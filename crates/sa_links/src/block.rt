// A block of values that are reached by raw pointers. The block's `Vec` owns the memory and frees it; a slot
// owns nothing. These four functions alone look inside a slot.
ghost use Rattle.std.specs.Prelude.{◌≡◌, ◌<◌, length, slice_index_or, slice_set, ⊤};
ghost use Rattle.std.specs.Mem.{type_size};
ghost use Rattle.std.specs.Vec.{vec_ptr};
ghost use Rattle.sa_links.specs.Slot.{IsSlot, index_of};

use std::alloc::{AllocError, Allocator};
use std::marker::Send;

/// Where a value of a block lies. It owns nothing.
pub(crate) struct Slot<T> {
    ptr: *mut T,
}

impl<T> Clone for Slot<T> {
    ghost is_clone = { λ x y. y ≡ x };

    ghost is_infallible = { λ _. ⊤ };

    fn clone(&self) -> Result<Slot<T>, AllocError> {
        Ok(*self)
    }
}

impl<T> Copy for Slot<T> {}

// A slot gives no access by itself: `at` and `put` want the block too.
unsafe impl<T> Send for Slot<T> {}

/// The slot where a block begins.
pub(crate) fn begin_of<T, A: Allocator>(block: &mut Vec<T, A>) -> Slot<T>
    ensures slot { result.ptr ≡ vec_ptr block.old }
    ensures block { block.new ≡ block.old }
{
    Slot {
        ptr: block.as_mut_ptr(),
    }
}

/// The slot of the value at `index`, from where the block begins.
pub(crate) fn slot_at<T, A: Allocator>(block: &Vec<T, A>, begin: Slot<T>, index: usize) -> Slot<T>
    requires begin { begin.ptr ≡ vec_ptr block.now }
    requires inside { index < length block.now.items }
    requires sized { 0 < type_size T.row }
    ensures slot { IsSlot T.row (vec_ptr block.now) (length block.now.items) result.ptr }
    ensures index { index_of T.row (vec_ptr block.now) result.ptr ≡ index }
{
    Slot {
        ptr: unsafe { begin.ptr.add(index) },
    }
}

/// The value at a slot of the block.
pub(crate) fn at<T, A: Allocator>(block: &Vec<T, A>, slot: Slot<T>) -> &T
    requires { IsSlot T.row (vec_ptr block.now) (length block.now.items) slot.ptr }
    ensures { let i = index_of T.row (vec_ptr block.now) slot.ptr in
        result.now ≡ slice_index_or block.now.items i result.now }
{
    unsafe { &*slot.ptr }
}

/// Writes a value at a slot of the block. What stood there is forgotten.
pub(crate) fn put<T, A: Allocator>(block: &mut Vec<T, A>, slot: Slot<T>, value: T)
    requires { IsSlot T.row (vec_ptr block.old) (length block.old.items) slot.ptr }
    ensures items { let i = index_of T.row (vec_ptr block.old) slot.ptr in
        block.new.items ≡ slice_set block.old.items i value }
    ensures stays { vec_ptr block.new ≡ vec_ptr block.old }
{
    unsafe {
        slot.ptr.write(value);
    }
}
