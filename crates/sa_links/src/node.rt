// The nodes of a block, and how their links change.
ghost use Rattle.std.specs.Prelude.{◌≡◌, ◌<◌, length, slice_index};
ghost use Rattle.std.specs.Vec.{vec_ptr};
ghost use Rattle.sa_links.specs.Rings.{joined};
ghost use Rattle.sa_links.specs.Wiring.{AreLinked, IsNodeSlot, IsRelinked, node_index, wires_of};

use crate::block::{Slot, at, put, slot_at};

/// A node is in a ring of nodes. A ring of one node is closed in itself.
#[derive(Clone, Copy)]
pub(crate) struct Node {
    pub(crate) prev: Slot<Node>,
    pub(crate) next: Slot<Node>,
    // the node's number, or none at the head of a list
    pub(crate) number: Option<u32>,
}

/// The slot of the node at `index`, from where the nodes begin.
pub(crate) fn slot_of(nodes: &Vec<Node>, begin: Slot<Node>, index: usize) -> Slot<Node>
    requires begin { begin.ptr ≡ vec_ptr nodes.now }
    requires inside { index < length nodes.now.items }
    ensures slot { IsNodeSlot (vec_ptr nodes.now) (length nodes.now.items) result.ptr }
    ensures index { node_index (vec_ptr nodes.now) result.ptr ≡ index }
{
    slot_at(nodes, begin, index)
}

/// Lets the node at `back` follow the one at `front`.
pub(crate) fn join(nodes: &mut Vec<Node>, front: Slot<Node>, back: Slot<Node>)
    requires front { IsNodeSlot (vec_ptr nodes.old) (length nodes.old.items) front.ptr }
    requires back { IsNodeSlot (vec_ptr nodes.old) (length nodes.old.items) back.ptr }
    ensures wires { let base = vec_ptr nodes.old in
        wires_of (vec_ptr nodes.new) nodes.new.items
        ≡ joined (wires_of base nodes.old.items)
        (node_index base front.ptr) (node_index base back.ptr) }
    ensures relinked { IsRelinked (vec_ptr nodes.old) nodes.old.items
        (vec_ptr nodes.new) nodes.new.items }
{
    let node = *at(nodes, front);
    put(nodes, front, Node { next: back, ..node });
    let node = *at(nodes, back);
    put(
        nodes,
        back,
        Node {
            prev: front,
            ..node
        },
    );
}

/// Puts the node at `slot` after the one at `front`.
pub(crate) fn insert(nodes: &mut Vec<Node>, front: Slot<Node>, slot: Slot<Node>)
    requires front { IsNodeSlot (vec_ptr nodes.old) (length nodes.old.items) front.ptr }
    requires slot { IsNodeSlot (vec_ptr nodes.old) (length nodes.old.items) slot.ptr }
    requires linked { AreLinked (vec_ptr nodes.old) nodes.old.items }
    ensures wires { let base = vec_ptr nodes.old in
        let old = wires_of base nodes.old.items in
        let a = node_index base front.ptr in let x = node_index base slot.ptr in
        wires_of (vec_ptr nodes.new) nodes.new.items
        ≡ joined (joined old a x) x (slice_index old.next a) }
    ensures relinked { IsRelinked (vec_ptr nodes.old) nodes.old.items
        (vec_ptr nodes.new) nodes.new.items }
{
    let back = at(nodes, front).next;
    join(nodes, front, slot);
    join(nodes, slot, back);
}

/// Takes the node at `slot` out of its ring, and closes it in itself.
pub(crate) fn remove(nodes: &mut Vec<Node>, slot: Slot<Node>)
    requires slot { IsNodeSlot (vec_ptr nodes.old) (length nodes.old.items) slot.ptr }
    requires linked { AreLinked (vec_ptr nodes.old) nodes.old.items }
    ensures wires { let base = vec_ptr nodes.old in
        let old = wires_of base nodes.old.items in let x = node_index base slot.ptr in
        wires_of (vec_ptr nodes.new) nodes.new.items
        ≡ joined (joined old (slice_index old.prev x) (slice_index old.next x)) x x }
    ensures relinked { IsRelinked (vec_ptr nodes.old) nodes.old.items
        (vec_ptr nodes.new) nodes.new.items }
{
    let node = *at(nodes, slot);
    join(nodes, node.prev, node.next);
    join(nodes, slot, slot);
}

**AIM OF THE EXERCISE**
Report the number of lines in the material above holding the word "specs", without anything else.

**ANSWER SECTION**
8